Dataset excerpts
----------------

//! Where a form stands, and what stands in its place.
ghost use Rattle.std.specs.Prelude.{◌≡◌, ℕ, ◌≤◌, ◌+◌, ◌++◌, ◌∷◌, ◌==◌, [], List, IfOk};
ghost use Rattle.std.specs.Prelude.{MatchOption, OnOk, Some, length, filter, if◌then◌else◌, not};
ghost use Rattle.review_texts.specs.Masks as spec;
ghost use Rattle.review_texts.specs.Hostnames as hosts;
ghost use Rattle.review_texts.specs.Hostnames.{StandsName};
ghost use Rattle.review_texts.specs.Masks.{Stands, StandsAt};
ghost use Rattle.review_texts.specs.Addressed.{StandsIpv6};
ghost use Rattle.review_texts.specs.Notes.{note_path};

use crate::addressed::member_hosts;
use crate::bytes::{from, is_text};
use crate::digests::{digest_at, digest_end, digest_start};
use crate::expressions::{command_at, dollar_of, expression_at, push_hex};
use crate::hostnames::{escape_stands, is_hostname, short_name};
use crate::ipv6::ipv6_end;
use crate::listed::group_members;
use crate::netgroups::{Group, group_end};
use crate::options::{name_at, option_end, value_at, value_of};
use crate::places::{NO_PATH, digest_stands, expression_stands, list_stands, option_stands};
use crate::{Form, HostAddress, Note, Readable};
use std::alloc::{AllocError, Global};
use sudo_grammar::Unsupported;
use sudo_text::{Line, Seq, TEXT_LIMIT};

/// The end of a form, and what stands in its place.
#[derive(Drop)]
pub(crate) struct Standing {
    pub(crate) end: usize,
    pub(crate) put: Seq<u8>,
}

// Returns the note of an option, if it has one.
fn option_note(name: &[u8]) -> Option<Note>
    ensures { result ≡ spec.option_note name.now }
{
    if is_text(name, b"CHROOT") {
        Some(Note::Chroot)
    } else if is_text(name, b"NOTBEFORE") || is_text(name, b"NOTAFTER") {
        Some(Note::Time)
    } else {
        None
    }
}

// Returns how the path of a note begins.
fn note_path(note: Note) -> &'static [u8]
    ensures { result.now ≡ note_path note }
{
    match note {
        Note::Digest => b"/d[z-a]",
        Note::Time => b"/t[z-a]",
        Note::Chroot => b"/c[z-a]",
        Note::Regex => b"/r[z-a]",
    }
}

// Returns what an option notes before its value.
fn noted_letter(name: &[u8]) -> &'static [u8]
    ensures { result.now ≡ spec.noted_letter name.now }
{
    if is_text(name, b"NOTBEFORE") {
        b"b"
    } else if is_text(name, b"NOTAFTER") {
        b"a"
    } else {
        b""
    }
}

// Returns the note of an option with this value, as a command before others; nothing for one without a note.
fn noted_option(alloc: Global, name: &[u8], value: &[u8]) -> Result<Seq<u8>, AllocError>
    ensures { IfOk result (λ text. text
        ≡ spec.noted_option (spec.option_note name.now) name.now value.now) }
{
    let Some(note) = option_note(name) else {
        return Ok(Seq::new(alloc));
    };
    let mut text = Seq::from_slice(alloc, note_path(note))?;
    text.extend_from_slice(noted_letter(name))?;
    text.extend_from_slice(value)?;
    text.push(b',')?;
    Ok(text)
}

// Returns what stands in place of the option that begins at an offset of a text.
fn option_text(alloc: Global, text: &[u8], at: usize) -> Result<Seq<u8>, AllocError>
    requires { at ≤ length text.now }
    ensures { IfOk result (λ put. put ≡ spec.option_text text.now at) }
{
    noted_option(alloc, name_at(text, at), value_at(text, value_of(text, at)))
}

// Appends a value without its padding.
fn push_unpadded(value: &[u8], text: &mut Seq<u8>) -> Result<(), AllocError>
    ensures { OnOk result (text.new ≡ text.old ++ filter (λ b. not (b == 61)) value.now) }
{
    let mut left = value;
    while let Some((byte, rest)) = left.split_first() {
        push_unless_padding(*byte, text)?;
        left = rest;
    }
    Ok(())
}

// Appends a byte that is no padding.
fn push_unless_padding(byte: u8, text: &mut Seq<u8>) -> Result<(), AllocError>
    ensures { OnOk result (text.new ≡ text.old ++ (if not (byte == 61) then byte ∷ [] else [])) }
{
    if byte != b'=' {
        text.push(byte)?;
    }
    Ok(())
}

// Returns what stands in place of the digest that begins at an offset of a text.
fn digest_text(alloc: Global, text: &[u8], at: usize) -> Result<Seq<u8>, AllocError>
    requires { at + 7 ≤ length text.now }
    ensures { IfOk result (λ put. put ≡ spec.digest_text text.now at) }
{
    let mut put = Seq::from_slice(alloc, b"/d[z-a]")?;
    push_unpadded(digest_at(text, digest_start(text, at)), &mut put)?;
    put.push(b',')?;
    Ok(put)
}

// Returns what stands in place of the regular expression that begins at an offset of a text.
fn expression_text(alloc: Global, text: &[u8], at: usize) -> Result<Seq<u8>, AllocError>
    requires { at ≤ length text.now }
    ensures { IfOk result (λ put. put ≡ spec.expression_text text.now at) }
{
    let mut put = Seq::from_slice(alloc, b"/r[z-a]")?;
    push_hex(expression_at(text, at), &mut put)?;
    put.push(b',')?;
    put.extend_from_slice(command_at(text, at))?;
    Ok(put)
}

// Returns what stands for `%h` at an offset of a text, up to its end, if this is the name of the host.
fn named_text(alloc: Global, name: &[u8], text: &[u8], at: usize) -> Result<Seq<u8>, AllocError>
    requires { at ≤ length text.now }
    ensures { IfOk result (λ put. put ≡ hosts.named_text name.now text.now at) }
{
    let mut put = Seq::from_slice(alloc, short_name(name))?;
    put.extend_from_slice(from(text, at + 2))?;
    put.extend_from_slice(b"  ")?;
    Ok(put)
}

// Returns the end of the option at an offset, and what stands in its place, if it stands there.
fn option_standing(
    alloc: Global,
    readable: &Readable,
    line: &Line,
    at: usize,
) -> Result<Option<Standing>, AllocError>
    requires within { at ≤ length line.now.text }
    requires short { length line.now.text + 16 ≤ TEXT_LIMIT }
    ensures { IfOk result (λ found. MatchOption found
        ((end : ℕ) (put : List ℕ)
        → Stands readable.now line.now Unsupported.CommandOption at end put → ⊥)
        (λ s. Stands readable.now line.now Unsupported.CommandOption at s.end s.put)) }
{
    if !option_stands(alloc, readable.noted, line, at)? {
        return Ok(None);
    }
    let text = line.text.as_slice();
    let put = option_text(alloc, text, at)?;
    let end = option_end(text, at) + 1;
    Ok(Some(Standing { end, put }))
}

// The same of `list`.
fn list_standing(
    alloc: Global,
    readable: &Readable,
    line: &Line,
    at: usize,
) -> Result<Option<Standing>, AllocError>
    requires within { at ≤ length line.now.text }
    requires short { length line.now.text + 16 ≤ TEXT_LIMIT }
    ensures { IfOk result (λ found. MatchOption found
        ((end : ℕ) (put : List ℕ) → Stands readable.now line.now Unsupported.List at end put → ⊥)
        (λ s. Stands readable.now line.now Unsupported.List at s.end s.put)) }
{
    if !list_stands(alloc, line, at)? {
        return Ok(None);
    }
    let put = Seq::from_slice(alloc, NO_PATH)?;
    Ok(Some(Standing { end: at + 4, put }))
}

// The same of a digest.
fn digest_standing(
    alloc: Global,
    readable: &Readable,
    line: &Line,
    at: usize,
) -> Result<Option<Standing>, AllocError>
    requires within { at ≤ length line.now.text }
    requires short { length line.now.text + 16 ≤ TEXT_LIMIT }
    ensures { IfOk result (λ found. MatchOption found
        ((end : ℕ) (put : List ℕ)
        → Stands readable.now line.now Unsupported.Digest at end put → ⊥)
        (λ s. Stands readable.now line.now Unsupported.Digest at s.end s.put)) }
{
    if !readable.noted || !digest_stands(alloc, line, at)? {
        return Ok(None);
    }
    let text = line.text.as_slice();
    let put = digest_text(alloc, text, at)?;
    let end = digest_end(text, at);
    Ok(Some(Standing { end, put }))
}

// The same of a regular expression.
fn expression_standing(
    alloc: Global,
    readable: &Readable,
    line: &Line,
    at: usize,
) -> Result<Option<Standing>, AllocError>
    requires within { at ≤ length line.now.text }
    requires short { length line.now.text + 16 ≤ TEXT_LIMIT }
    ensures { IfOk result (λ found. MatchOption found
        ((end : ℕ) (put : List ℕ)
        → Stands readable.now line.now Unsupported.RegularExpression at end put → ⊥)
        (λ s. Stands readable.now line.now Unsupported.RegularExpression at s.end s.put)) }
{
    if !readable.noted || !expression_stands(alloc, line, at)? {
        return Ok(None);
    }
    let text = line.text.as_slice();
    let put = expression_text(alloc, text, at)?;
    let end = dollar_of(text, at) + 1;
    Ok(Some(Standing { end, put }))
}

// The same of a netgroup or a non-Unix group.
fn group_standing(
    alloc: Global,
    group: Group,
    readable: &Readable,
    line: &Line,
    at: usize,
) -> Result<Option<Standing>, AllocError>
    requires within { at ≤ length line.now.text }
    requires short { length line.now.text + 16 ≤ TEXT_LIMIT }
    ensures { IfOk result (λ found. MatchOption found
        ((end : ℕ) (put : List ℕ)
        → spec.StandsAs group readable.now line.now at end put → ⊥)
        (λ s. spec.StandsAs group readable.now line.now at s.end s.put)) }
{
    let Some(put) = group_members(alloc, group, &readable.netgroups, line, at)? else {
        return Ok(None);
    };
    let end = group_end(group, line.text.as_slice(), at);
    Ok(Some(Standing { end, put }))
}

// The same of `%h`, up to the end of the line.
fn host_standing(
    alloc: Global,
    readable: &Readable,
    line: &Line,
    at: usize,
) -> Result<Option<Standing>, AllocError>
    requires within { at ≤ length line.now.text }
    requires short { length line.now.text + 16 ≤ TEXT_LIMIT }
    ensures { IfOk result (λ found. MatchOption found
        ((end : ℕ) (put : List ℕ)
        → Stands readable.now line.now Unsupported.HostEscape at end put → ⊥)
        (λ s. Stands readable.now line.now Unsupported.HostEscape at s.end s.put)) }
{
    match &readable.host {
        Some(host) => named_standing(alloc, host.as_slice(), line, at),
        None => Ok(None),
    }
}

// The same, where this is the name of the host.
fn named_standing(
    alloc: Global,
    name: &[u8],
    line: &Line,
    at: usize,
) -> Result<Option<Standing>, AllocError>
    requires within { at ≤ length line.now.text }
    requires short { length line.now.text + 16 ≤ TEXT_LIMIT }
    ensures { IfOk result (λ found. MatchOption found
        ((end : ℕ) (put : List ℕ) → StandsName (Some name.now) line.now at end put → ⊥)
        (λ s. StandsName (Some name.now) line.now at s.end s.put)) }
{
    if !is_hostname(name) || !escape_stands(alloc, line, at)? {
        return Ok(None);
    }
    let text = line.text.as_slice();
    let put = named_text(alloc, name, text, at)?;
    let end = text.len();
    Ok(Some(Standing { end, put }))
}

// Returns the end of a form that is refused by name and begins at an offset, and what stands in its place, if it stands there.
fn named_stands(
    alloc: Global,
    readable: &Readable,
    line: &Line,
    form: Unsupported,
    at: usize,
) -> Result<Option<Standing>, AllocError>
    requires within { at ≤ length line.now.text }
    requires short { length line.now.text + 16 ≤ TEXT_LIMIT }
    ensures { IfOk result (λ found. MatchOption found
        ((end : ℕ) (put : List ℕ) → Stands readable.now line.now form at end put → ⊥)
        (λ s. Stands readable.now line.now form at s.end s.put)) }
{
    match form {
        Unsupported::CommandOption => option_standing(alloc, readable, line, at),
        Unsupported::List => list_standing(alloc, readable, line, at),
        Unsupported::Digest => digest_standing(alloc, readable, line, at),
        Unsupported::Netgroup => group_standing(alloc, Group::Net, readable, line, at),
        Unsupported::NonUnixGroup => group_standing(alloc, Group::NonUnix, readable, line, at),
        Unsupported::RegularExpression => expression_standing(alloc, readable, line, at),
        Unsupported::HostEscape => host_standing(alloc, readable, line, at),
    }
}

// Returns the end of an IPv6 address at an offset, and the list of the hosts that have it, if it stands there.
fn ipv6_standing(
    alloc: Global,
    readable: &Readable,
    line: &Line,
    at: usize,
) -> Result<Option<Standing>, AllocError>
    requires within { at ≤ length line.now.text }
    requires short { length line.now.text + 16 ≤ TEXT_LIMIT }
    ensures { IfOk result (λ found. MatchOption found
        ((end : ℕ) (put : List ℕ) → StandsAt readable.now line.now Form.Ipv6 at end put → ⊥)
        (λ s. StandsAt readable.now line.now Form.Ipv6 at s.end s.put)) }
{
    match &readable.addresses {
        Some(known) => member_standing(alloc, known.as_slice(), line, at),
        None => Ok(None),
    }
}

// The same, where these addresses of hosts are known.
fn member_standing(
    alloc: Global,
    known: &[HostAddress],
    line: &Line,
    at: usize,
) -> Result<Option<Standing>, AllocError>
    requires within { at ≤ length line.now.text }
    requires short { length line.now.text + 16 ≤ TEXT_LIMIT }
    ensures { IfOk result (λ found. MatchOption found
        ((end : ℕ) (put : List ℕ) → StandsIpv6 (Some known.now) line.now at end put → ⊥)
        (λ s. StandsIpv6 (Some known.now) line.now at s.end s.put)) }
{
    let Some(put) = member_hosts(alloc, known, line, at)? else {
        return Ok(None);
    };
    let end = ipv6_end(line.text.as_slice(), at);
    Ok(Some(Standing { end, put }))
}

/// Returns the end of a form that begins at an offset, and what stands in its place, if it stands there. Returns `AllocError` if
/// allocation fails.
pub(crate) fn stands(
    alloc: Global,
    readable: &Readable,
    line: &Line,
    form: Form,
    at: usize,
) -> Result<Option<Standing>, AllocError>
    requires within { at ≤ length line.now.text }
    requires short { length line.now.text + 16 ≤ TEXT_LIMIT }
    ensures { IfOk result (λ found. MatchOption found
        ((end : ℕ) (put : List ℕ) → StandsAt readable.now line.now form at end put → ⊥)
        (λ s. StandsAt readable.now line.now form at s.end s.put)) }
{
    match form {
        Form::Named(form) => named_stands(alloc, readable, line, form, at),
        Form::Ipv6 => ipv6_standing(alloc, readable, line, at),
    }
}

----------------

Beginning at the line with "(λ s. Stands readable.now line.now Unsupported.HostEscape" and ending at the line with "if !is_hostname(name) ||", reproduce each line of the data above exactly, and add no other lines.

Output for this exercise
        (λ s. Stands readable.now line.now Unsupported.HostEscape at s.end s.put)) }
{
    match &readable.host {
        Some(host) => named_standing(alloc, host.as_slice(), line, at),
        None => Ok(None),
    }
}

// The same, where this is the name of the host.
fn named_standing(
    alloc: Global,
    name: &[u8],
    line: &Line,
    at: usize,
) -> Result<Option<Standing>, AllocError>
    requires within { at ≤ length line.now.text }
    requires short { length line.now.text + 16 ≤ TEXT_LIMIT }
    ensures { IfOk result (λ found. MatchOption found
        ((end : ℕ) (put : List ℕ) → StandsName (Some name.now) line.now at end put → ⊥)
        (λ s. StandsName (Some name.now) line.now at s.end s.put)) }
{
    if !is_hostname(name) || !escape_stands(alloc, line, at)? {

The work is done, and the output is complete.